Path connectedness of the set of points $(x,y)$ where $x$ is rational or $y$ is rational

Question

Prove that $X=\{(x,y) :x\text{ is rational or }y\text{ is rational}\}$ is path connected.

So for every $(x,y)$ in $X$, I need to find a continuous function $f$ on $[a,b]$ such that $f(a)=x$ and $f(b)=y$.

Trying to think about suitable functions, maybe one which sends everything to nearest rational. But don't think such a function exists.

Answer 1

Indeed, a "nearest rational" does not exist. If $x$ is rational, you can find an obvious path from $(x,y)$ to $(x,0)$ and then on to $(0,0)$. Similarly, if $y$ is rational, you can find a path to $(0,0)$ via $(0,y)$. Thus any $(x,y)\in X$ is pathconnected to $(0,0)$.

Answer 2

Path connected means that for arbitrary pairs of points in $X$, $(x_1, y_1)$ and $(x_2, y_2)$, you can find a continuous map $f : [0,1] \rightarrow X$ such that $f(0) = (x_1, y_1)$ and $f(1) = (x_2, y_2)$.

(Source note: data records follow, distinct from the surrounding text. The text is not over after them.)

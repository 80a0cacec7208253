//! What a window tells of DUT1.

ghost use Rattle.std.specs.Prelude.{◌≡◌, ◌==◌, ◌<◌, ◌≤◌, ℕ, ℤ, filter, length, map, slice_index, true, unwrap_or};
ghost use Rattle.definitions.specs.codes.Allowed.{has_station};
ghost use Rattle.definitions.specs.sequences.Walks.{IsSequence, IsWalkable};
ghost use Rattle.definitions.specs.sequences.Windows.{IsWindow};
ghost use Rattle.definitions.specs.heard.Dut1.{dut1_values, has_dut1};
ghost use Rattle.definitions.specs.heard.Costs.{dut_among, dut_of, least};
ghost use Rattle.symbol_cost.specs.Grid.{cost_at};
ghost use Rattle.plain_costs.specs.Tenths.{AreByValue, tenths_at, with_value};

use crate::tenths::{ByValue, MOST_VALUES, has_dut1, tenths_at, value_count};
use crate::walk::walk_cost;
use civil::Civil;
use definitions::Sequence;
use signal_base::{Dut, Station, Window};
use symbol_cost::CostGrid;

/// What a station of the window tells of DUT1 in a walkable sequence, by the station's grid of the window's slots: `Tenths`
/// where one value alone costs least, `Tied` where several do, `Free` where the sequence walks through two UTC days, and
/// `Absent` where the station doesn't send it.
pub fn dut1(grid: &CostGrid, civil: &Civil, station: Station, window: &Window, q: &Sequence) -> Dut
    requires station { grid.now.station ≡ station }
    requires heard { has_station window.now.stations station ≡ true }
    requires slots { length grid.now.rows ≡ window.now.seconds }
    requires window { IsWindow window.now }
    requires sequence { IsSequence q.now }
    requires walkable { IsWalkable window.now q.now }
    ensures { result ≡ dut_of station (cost_at grid.now.rows) window.now.seconds q.now }
{
    if !has_dut1(station) {
        return Dut::Absent;
    }
    let walk = walk_cost(grid, civil, station, window, q);
    if !walk.one_day {
        return Dut::Free;
    }
    dut_told(station, &walk.told)
}

// The values that cost least, told by one that does so alone.
fn dut_told(station: Station, told: &ByValue) -> Dut
    requires { has_dut1 station ≡ true }
    ensures { (cost : ℤ → ℕ) → AreByValue station told.now cost
        → result ≡ dut_among (filter (λ d. cost d == unwrap_or (least (map cost (dut1_values station))) 0) (dut1_values station)) }
{
    let least = least_told(station, told);
    let mut found = Dut::Absent;
    for i in 0..value_count(station) {
        if told[i] == least {
            found = with_value(found, station, i);
        }
    }
    found
}

// What is told where value `i` costs least too.
fn with_value(found: Dut, station: Station, i: usize) -> Dut
    requires { i < MOST_VALUES }
    ensures { result ≡ with_value found (tenths_at station i) }
{
    match found {
        Dut::Absent => Dut::Tenths(tenths_at(station, i)),
        Dut::Free | Dut::Tied | Dut::Tenths(_) => Dut::Tied,
    }
}

/// The least cost of a value.
pub fn least_told(station: Station, told: &ByValue) -> u32
    requires { has_dut1 station ≡ true }
    ensures least { (cost : ℤ → ℕ) → AreByValue station told.now cost → result ≡ unwrap_or (least (map cost (dut1_values station))) 0 }
    ensures bound { result ≤ slice_index told.now 0 }
{
    let mut least = told[0];
    for i in 1..value_count(station) {
        least = least.min(told[i]);
    }
    least
}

One way to do this is to construct a path $(x_1, y_1)$ to $(x_1,0)$ to $(0, 0)$ to $(x_2, 0)$ to $(x_2, y_2)$. That is, every member of $X$ is path connected with $(0,0)$.

Answer 3

Proof guideline:

1. Show that for all $ x \in \mathbb{Q}$ any line $L_x = \{(x,y) , \forall y \in \mathbb{R}\}$ is path-connected
2. Show that for all $ y \in \mathbb{Q}$ any line $L'_y = \{(x,y) , \forall x \in \mathbb{R}\}$ is path-connected
3. From (1) and (2) follows that $L_0$ and $L'_0$ are path-connected
4. Show that if $X$ and $Y$ are path connected and $X \cap Y \neq \emptyset$, then $X \cup Y$ is path connected

Explanation:

Notice that if you would "draw" $X$ it would look like a grid of perpendicular lines. Now each of these lines cross either the x-axis or the y-axis. Since $0$ is a rational number, both the x-axis and the y-axis are subsets of $X$. Each line is now connected to another through the axis. So by proving point (4) we show that the whole of $X$ is also path-connected.